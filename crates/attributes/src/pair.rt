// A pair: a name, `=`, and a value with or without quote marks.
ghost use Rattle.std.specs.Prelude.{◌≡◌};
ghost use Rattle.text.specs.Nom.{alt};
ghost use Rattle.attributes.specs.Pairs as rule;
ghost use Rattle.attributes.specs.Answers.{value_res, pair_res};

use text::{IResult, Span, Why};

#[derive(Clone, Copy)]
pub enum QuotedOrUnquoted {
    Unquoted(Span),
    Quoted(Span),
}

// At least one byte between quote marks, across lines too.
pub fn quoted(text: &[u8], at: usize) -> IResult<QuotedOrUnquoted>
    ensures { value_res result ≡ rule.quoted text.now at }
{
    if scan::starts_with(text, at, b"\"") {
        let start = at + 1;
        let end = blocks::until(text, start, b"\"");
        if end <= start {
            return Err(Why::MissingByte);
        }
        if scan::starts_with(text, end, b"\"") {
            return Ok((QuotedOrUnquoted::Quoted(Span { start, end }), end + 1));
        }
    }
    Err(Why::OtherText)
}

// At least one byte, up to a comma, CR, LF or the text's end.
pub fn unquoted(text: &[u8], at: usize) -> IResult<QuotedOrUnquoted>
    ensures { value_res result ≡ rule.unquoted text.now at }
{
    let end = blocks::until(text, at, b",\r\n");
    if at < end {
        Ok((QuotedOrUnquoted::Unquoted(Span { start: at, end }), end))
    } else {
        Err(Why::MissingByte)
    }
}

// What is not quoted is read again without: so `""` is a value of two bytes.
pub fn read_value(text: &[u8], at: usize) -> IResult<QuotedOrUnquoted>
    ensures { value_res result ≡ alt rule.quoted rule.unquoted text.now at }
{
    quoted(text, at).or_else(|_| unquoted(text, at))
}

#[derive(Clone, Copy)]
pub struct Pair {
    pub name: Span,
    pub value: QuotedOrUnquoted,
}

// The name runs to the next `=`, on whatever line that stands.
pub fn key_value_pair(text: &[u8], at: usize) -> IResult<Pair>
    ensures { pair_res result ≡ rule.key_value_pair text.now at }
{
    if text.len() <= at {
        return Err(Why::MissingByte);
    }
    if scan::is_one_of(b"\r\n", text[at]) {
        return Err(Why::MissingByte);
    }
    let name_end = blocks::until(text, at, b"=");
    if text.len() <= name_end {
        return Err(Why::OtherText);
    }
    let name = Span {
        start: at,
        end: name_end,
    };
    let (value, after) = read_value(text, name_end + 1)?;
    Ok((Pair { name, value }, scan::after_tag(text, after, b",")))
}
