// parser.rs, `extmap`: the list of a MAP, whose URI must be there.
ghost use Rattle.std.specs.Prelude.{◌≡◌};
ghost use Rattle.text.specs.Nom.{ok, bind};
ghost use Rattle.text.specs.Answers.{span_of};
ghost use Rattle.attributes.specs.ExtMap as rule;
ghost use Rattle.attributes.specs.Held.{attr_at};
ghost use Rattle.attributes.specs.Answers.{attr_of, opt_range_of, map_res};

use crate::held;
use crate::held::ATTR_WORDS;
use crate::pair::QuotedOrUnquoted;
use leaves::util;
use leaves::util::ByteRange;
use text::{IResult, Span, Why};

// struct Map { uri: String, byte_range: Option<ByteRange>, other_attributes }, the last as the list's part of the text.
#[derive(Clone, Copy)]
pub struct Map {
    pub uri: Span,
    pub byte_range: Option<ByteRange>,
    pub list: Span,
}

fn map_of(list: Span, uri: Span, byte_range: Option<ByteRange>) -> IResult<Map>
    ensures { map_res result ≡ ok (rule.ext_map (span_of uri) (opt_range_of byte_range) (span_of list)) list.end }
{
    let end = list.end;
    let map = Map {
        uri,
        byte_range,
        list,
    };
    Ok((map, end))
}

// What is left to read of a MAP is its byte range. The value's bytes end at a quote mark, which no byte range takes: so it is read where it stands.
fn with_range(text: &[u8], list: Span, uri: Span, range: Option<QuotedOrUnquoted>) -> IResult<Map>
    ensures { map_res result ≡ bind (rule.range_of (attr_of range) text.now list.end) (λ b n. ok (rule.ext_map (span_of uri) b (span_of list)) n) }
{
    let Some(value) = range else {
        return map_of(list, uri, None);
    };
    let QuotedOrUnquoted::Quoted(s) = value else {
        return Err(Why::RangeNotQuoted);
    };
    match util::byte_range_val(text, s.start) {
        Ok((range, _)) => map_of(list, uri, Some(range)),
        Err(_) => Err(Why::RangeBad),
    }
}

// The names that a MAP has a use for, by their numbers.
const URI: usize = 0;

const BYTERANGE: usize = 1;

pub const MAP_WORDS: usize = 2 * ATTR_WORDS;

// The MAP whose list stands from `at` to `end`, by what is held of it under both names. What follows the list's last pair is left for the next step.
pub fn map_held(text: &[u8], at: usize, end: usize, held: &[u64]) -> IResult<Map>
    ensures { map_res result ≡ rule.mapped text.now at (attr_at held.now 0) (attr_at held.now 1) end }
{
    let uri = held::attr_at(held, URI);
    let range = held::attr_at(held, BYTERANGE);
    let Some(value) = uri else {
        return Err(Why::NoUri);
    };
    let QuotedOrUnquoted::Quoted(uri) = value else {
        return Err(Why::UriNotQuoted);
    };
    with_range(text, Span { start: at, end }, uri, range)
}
· · ·
Problem description:
All that is wanted is a faithful reproduction of the line above with "return map_of(list, uri, None);", the line with "pub const MAP_WORDS: usize = 2 * ATTR_WORDS;", and every line in between.

Answer section:
        return map_of(list, uri, None);
    };
    let QuotedOrUnquoted::Quoted(s) = value else {
        return Err(Why::RangeNotQuoted);
    };
    match util::byte_range_val(text, s.start) {
        Ok((range, _)) => map_of(list, uri, Some(range)),
        Err(_) => Err(Why::RangeBad),
    }
}

// The names that a MAP has a use for, by their numbers.
const URI: usize = 0;

const BYTERANGE: usize = 1;

pub const MAP_WORDS: usize = 2 * ATTR_WORDS;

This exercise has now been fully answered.